Segundo relatórios financeiros já divulgados nos Estados Unidos, Trump acumulou 2,2 bilhões de dólares em 2025, valor três vezes maior que o rendimento de suas empresas em 2024, ano anterior à posse.

Para o professor, o erro de análise generalizado, inclusive entre observadores críticos, foi esperar do presidente estadunidense um comportamento diferente do que ele próprio anunciou desde a formação do gabinete. Ao escolher auxiliares pela lealdade e não pela competência técnica em geopolítica ou economia, o mandatário teria deixado claro, já quando assumiu o poder, que trataria a maior potência do mundo como um ativo particular. “Estava na cara, nós é que não vimos”, afirma.

Enriquecimento com método

O principal mecanismo do enriquecimento, de acordo com Trevisan, teria sido a World Liberty Financial, empresa de criptomoedas que, segundo ele, opera sem deixar rastros. À frente do negócio estão os dois filhos do presidente e Steve Witkoff, principal negociador estadunidense em temas como a guerra na Ucrânia e o conflito no Oriente Médio. A presidência de uma das companhias ligadas à operação, a Celebrated Coins, ficou com o filho de Witkoff, o que o professor classifica como uma “ação entre amigos”.

A estrutura escancara o conflito de interesses: o mesmo grupo que negocia acordos geopolíticos em nome dos Estados Unidos movimenta, entre si, um negócio bilionário de criptomoedas ligado ao presidente, sem qualquer mecanismo de fiscalização capaz de barrar a sobreposição entre cargo público e interesse privado. “Isso tem nome e sobrenome, a máfia não agia diferente.

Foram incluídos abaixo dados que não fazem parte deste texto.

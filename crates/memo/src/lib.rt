// A small recogniser that asks for each product below once only.
#![tactic(auto)]

pub mod memo;
pub mod products;
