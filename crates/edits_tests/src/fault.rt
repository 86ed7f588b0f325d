ghost use Rattle.std.specs.Prelude.{◌≡◌};
ghost use Rattle.edits_tests.specs.declared.fault.Fault.TheVariants.{NoMemory};

use std::alloc::AllocFailed;

// Why a test fails.
#[derive(Clone, Copy, PartialEq, Eq, Debug)]
pub enum Fault {
    // An edit was refused.
    Refused,
    // The tree has not the rows or the products of the list.
    Differs,
    NoMemory,
}

impl<T: Drop> From<AllocFailed<T>> for Fault {
    ghost from_gives = { λ _ e. e ≡ NoMemory };

    fn from(_: AllocFailed<T>) -> Fault {
        Fault::NoMemory
    }
}

#[cfg(test)]
mod tests {
    use super::*;
    use std::test::Fail;

    #[test]
    fn no_memory_is_told(rt: HostRuntime) -> Result<(), Fail> {
        assert_eq!(rt; Fault::from(AllocFailed { value: 7u16 }), Fault::NoMemory);
        Ok(())
    }
}
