ghost use Rattle.std.specs.Prelude.{◌≡◌, ◌<◌};
ghost use Rattle.edits_tests.specs.Free.{every_place, places_of, GivesEveryPlace, KeepsAllButTheLast};

use crate::ends::{Ends, Pair};
use crate::fault::Fault;
use crate::plain::{Plain, ROOM};
use cells::cell::Cell;
use cells::mode::Mode;
use cells::reach::look;
use cells::stretch::stretch_at;
use dice::dice::Dice;
use edits::find::find;
use edits::insert::insert;
use edits::replace::replace;
use edits::strike::strike;
use monoid::fold::word_image;
use monoid::recogniser::Recogniser;
use rows::kind::Kind;
use std::alloc::Global;
use std::array;

// Whether a row of a tree is that of the list, balanced, with the right measures and, if asked, the right product.
fn row_agrees(
    cells: &[Cell<Pair>],
    ends: &mut Ends,
    place: u16,
    index: u16,
    rows: &[Kind],
    products: bool,
) -> Option<bool> {
    let cell = look(cells, place)?;
    let unit = ends.unit();
    let left = stretch_at(cells, cell.left, unit)?;
    let right = stretch_at(cells, cell.right, unit)?;
    let even = left.height.abs_diff(right.height) <= 1;
    let high = u16::from(cell.height) == u16::from(left.height.max(right.height)) + 1;
    let wide = u32::from(cell.size) == u32::from(left.size) + u32::from(right.size) + 1;
    let first = usize::from(index).checked_sub(usize::from(left.size))?;
    let stretch = rows.get(first..first.checked_add(usize::from(cell.size))?)?;
    let whole = word_image(ends, stretch);
    let kind = *rows.get(usize::from(index))?;
    Some(even && high && wide && cell.kind == kind && (!products || cell.product == whole))
}

// That a tree has the rows of the list, and no others.
pub fn agrees(
    cells: &[Cell<Pair>],
    ends: &mut Ends,
    sheet: &Sheet,
    products: bool,
) -> Result<(), Fault> {
    let len = sheet.plain.len();
    for index in 0..len {
        let found = find(cells, sheet.root, index).ok_or(Fault::Differs)?;
        if row_agrees(
            cells,
            ends,
            found.place,
            index,
            sheet.plain.rows(),
            products,
        ) != Some(true)
        {
            return Err(Fault::Differs);
        }
    }
    match find(cells, sheet.root, len) {
        None => Ok(()),
        Some(_) => Err(Fault::Differs),
    }
}

// One tree in cells that others share, and the plain list of its rows. Cells, recogniser and mode are lent for an edit, and
// the free cells are a list of their own: edits are tested without the crate `unused`.
#[derive(Clone, Copy)]
pub struct Sheet {
    pub root: Option<u16>,
    pub plain: Plain,
}

// Cells that no tree has. An array with a count and no Vec, as a plain list is.
#[derive(Clone, Copy)]
pub struct Free {
    places: [u16; ROOM],
    count: usize,
}

// The place of a cell, by its number.
fn place_of(number: usize) -> u16
    requires fits { number < 65536 }
    ensures value { result ≡ number }
{
    number as u16
}

impl Free {
    // All of them.
    pub fn all() -> Free
        ensures places { places_of result ≡ every_place }
    {
        Free {
            places: array::from_fn(place_of),
            count: ROOM,
        }
    }

    // One place, or none.
    fn of(place: Option<u16>) -> Free {
        let mut free = Free {
            places: [0; ROOM],
            count: 0,
        };
        if let Some(place) = place {
            free.give(place);
        }
        free
    }

    // The places, the last of which is taken first.
    fn places(&self) -> &[u16]
        ensures value { result.now ≡ places_of self.now }
    {
        &self.places[..self.count.min(ROOM)]
    }

    fn take(&mut self) -> Option<u16> {
        self.count = self.count.checked_sub(1)?;
        self.places.get(self.count).copied()
    }

    fn give(&mut self, place: u16) {
        if let Some(last) = self.places.get_mut(self.count) {
            *last = place;
            self.count += 1;
        }
    }
}

// The places of all cells, none of which a tree has.
pub fn all_free(heap: Global) -> Result<Vec<u16>, Fault>
    ensures places { GivesEveryPlace result }
{
    let all = Free::all();
    let mut free = Vec::new(heap);
    for place in all.places() {
        free.push(*place)?;
    }
    Ok(free)
}

impl Sheet {
    pub fn new() -> Sheet {
        Sheet {
            root: None,
            plain: Plain::new(),
        }
    }

    // One edit of any kind at any row, the free cells in a list of any length, of which the last is taken first. A sheet has
    // room for 48 rows: where it has as many, as where no cell is free, an insertion does nothing.
    pub fn edit(
        &mut self,
        cells: &mut [Cell<Pair>],
        ends: &mut Ends,
        mode: Mode,
        dice: &mut Dice,
        free: &mut Vec<u16>,
    ) -> Result<(), Fault>
        ensures others { KeepsAllButTheLast free.old.items free.new.items }
    {
        let last = if usize::from(self.plain.len()) < ROOM {
            free.pop()
        } else {
            None
        };
        let mut lent = Free::of(last);
        let edited = self.edit_without_heap(cells, ends, mode, dice, &mut lent);
        for given in lent.places() {
            free.push(*given)?;
        }
        edited
    }

    // One edit of any kind at any row, the free cells in an array: no heap is asked.
    pub fn edit_without_heap(
        &mut self,
        cells: &mut [Cell<Pair>],
        ends: &mut Ends,
        mode: Mode,
        dice: &mut Dice,
        free: &mut Free,
    ) -> Result<(), Fault> {
        let len = self.plain.len();
        let kind = dice.kind();
        match dice.below(5) {
            0 | 1 => {
                let index = dice.below(len.saturating_add(1));
                self.insert(cells, ends, mode, index, kind, free)
            }
            2 | 3 if len > 0 => {
                let index = dice.below(len);
                self.strike(cells, ends, mode, index, free)
            }
            _ if len > 0 => {
                let index = dice.below(len);
                self.replace(cells, ends, mode, index, kind)
            }
            _ => Ok(()),
        }
    }

    fn insert(
        &mut self,
        cells: &mut [Cell<Pair>],
        ends: &mut Ends,
        mode: Mode,
        index: u16,
        kind: Kind,
        free: &mut Free,
    ) -> Result<(), Fault> {
        let Some(place) = free.take() else {
            return Ok(());
        };
        self.root = insert(cells, ends, mode, self.root, index, kind, place).ok_or(Fault::Refused)?;
        if index > self.plain.len() {
            return Err(Fault::Differs);
        }
        self.plain.insert(index, kind);
        Ok(())
    }

    fn strike(
        &mut self,
        cells: &mut [Cell<Pair>],
        ends: &mut Ends,
        mode: Mode,
        index: u16,
        free: &mut Free,
    ) -> Result<(), Fault> {
        let struck = strike(cells, ends, mode, self.root, index).ok_or(Fault::Refused)?;
        self.root = struck.root;
        if index >= self.plain.len() {
            return Err(Fault::Differs);
        }
        self.plain.strike(index);
        free.give(struck.freed);
        Ok(())
    }

    fn replace(
        &mut self,
        cells: &mut [Cell<Pair>],
        ends: &mut Ends,
        mode: Mode,
        index: u16,
        kind: Kind,
    ) -> Result<(), Fault> {
        replace(cells, ends, mode, self.root, index, kind).ok_or(Fault::Refused)?;
        if index >= self.plain.len() {
            return Err(Fault::Differs);
        }
        self.plain.replace(index, kind);
        Ok(())
    }
}

#[cfg(test)]
mod tests {
    use super::*;
    use monoid::tally::Tally;
    use std::test::Fail;

    fn ends() -> Ends {
        Ends {
            tally: Tally::new(),
        }
    }

    fn blank() -> Cell<Pair> {
        Cell::blank(Pair::NONE)
    }

    #[test]
    fn two_trees_follow_their_lists() -> Result<(), Fail> {
        let mut cells = [blank(); ROOM];
        let mut ends = ends();
        let mut dice = Dice::new(7);
        let mut free = Free::all();
        let mut one = Sheet::new();
        let mut other = Sheet::new();
        for _ in 0..1000 {
            one.edit_without_heap(&mut cells, &mut ends, Mode::Asking, &mut dice, &mut free)?;
            other.edit_without_heap(&mut cells, &mut ends, Mode::Asking, &mut dice, &mut free)?;
            agrees(&cells, &mut ends, &one, true)?;
            agrees(&cells, &mut ends, &other, true)?;
        }
        Ok(())
    }

    #[test]
    fn quiet_edits_ask_for_nothing(rt: HostRuntime) -> Result<(), Fail> {
        let mut cells = [blank(); ROOM];
        let mut ends = ends();
        let mut dice = Dice::new(11);
        let mut free = Free::all();
        let mut one = Sheet::new();
        for _ in 0..500 {
            let before = ends.asked();
            one.edit_without_heap(&mut cells, &mut ends, Mode::Quiet, &mut dice, &mut free)?;
            assert_eq!(rt; ends.asked(), before);
            agrees(&cells, &mut ends, &one, false)?;
        }
        Ok(())
    }

    #[test]
    fn a_list_of_free_cells_does_as_the_array(rt: HostRuntime) -> Result<(), Fail> {
        let mut cells = [blank(); ROOM];
        let mut other_cells = [blank(); ROOM];
        let mut ends = ends();
        let mut dice = Dice::new(17);
        let mut other_dice = Dice::new(17);
        let mut free = all_free(rt.alloc())?;
        let mut other_free = Free::all();
        let mut one = Sheet::new();
        let mut other = Sheet::new();
        for _ in 0..1000 {
            one.edit(&mut cells, &mut ends, Mode::Asking, &mut dice, &mut free)?;
            other.edit_without_heap(
                &mut other_cells,
                &mut ends,
                Mode::Asking,
                &mut other_dice,
                &mut other_free,
            )?;
            agrees(&cells, &mut ends, &one, true)?;
            assert!(rt; one.root == other.root);
            assert!(rt; one.plain.rows() == other.plain.rows());
            assert!(rt; free.as_slice() == other_free.places());
        }
        Ok(())
    }

    // Whether an edit of a sheet leaves the same of a list of at most one free cell as of such an array, refused or not.
    fn leaves_the_same(
        heap: Global,
        sheet: Sheet,
        place: Option<u16>,
        seed: u32,
    ) -> Result<bool, Fault> {
        let mut cells = [blank(); ROOM];
        let mut other_cells = [blank(); ROOM];
        let mut free = Vec::new(heap);
        if let Some(place) = place {
            free.push(place)?;
        }
        let mut other_free = Free::of(place);
        let mut one = sheet;
        let mut other = sheet;
        let edited = one.edit(
            &mut cells,
            &mut ends(),
            Mode::Asking,
            &mut Dice::new(seed),
            &mut free,
        );
        let other_edited = other.edit_without_heap(
            &mut other_cells,
            &mut ends(),
            Mode::Asking,
            &mut Dice::new(seed),
            &mut other_free,
        );
        Ok(
            edited == other_edited
                && one.root == other.root
                && one.plain.rows() == other.plain.rows()
                && free.as_slice() == other_free.places(),
        )
    }

    // A row that no tree has: striking or replacing it is refused.
    #[test]
    fn a_refused_edit_leaves_the_list_as_the_array(rt: HostRuntime) -> Result<(), Fail> {
        let mut rootless = Sheet::new();
        rootless.plain.insert(0, Kind::Item);
        for seed in 0..40 {
            for sheet in [Sheet::new(), rootless] {
                for place in [None, Some(3)] {
                    assert!(rt; leaves_the_same(rt.alloc(), sheet, place, seed * 99_991)?);
                }
            }
        }
        Ok(())
    }

    #[test]
    fn a_row_past_the_room_of_a_sheet_is_not_inserted(rt: HostRuntime) -> Result<(), Fail> {
        let mut cells = [blank(); 60];
        let mut ends = ends();
        let mut dice = Dice::new(19);
        let mut free = all_free(rt.alloc())?;
        for place in 48..60 {
            free.push(place)?;
        }
        let mut one = Sheet::new();
        let mut longest = 0;
        for _ in 0..4000 {
            one.edit(&mut cells, &mut ends, Mode::Asking, &mut dice, &mut free)?;
            agrees(&cells, &mut ends, &one, true)?;
            assert_eq!(rt; one.plain.rows().len() + free.len(), 60);
            longest = one.plain.len().max(longest);
        }
        assert_eq!(rt; longest, 48);
        Ok(())
    }

    #[test]
    fn broken_cells_do_no_harm() -> Result<(), Fail> {
        let mut ends = ends();
        let mut dice = Dice::new(13);
        let mut cells = [blank(); ROOM];
        for _ in 0..500 {
            for cell in cells.iter_mut() {
                *cell = Cell {
                    left: Some(dice.below(60)),
                    right: Some(dice.below(60)),
                    height: if dice.below(2) == 0 { 0 } else { 255 },
                    size: dice.below(100),
                    ..blank()
                };
            }
            let index = dice.below(60);
            insert(
                &mut cells,
                &mut ends,
                Mode::Asking,
                Some(0),
                index,
                Kind::Item,
                3,
            );
            strike(&mut cells, &mut ends, Mode::Quiet, Some(1), index);
            replace(
                &mut cells,
                &mut ends,
                Mode::Asking,
                Some(2),
                index,
                Kind::Note,
            );
        }
        Ok(())
    }
}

Quem tem alguma dúvida, assista O Poderoso Chefão“, afirmou.

Os números do enriquecimento

Trump lucrou 2,2 bilhões de dólares em 2025, o equivalente a 11,9 bilhões de reais, no primeiro ano do segundo mandato. O valor faz dele o presidente que mais enriqueceu durante o exercício do cargo na história do país, segundo relatórios financeiros. O salto fica mais evidente na comparação com o ano anterior à posse: em 2024, antes de voltar à Casa Branca, o total de rendimentos de Trump com todas as suas empresas somou 624 milhões de dólares, segundo dados da Receita Federal estadunidense. O lucro praticamente triplicou em um ano de governo.

Parte relevante desse enriquecimento vem de negócios ligados a criptomoedas. Uma reportagem da Forbes, publicada em 2025, mostrou que a fortuna pessoal de Trump saltou de 3,2 bilhões de dólares em janeiro para 7,2 bilhões em outubro, crescimento que coincide com o retorno ao poder.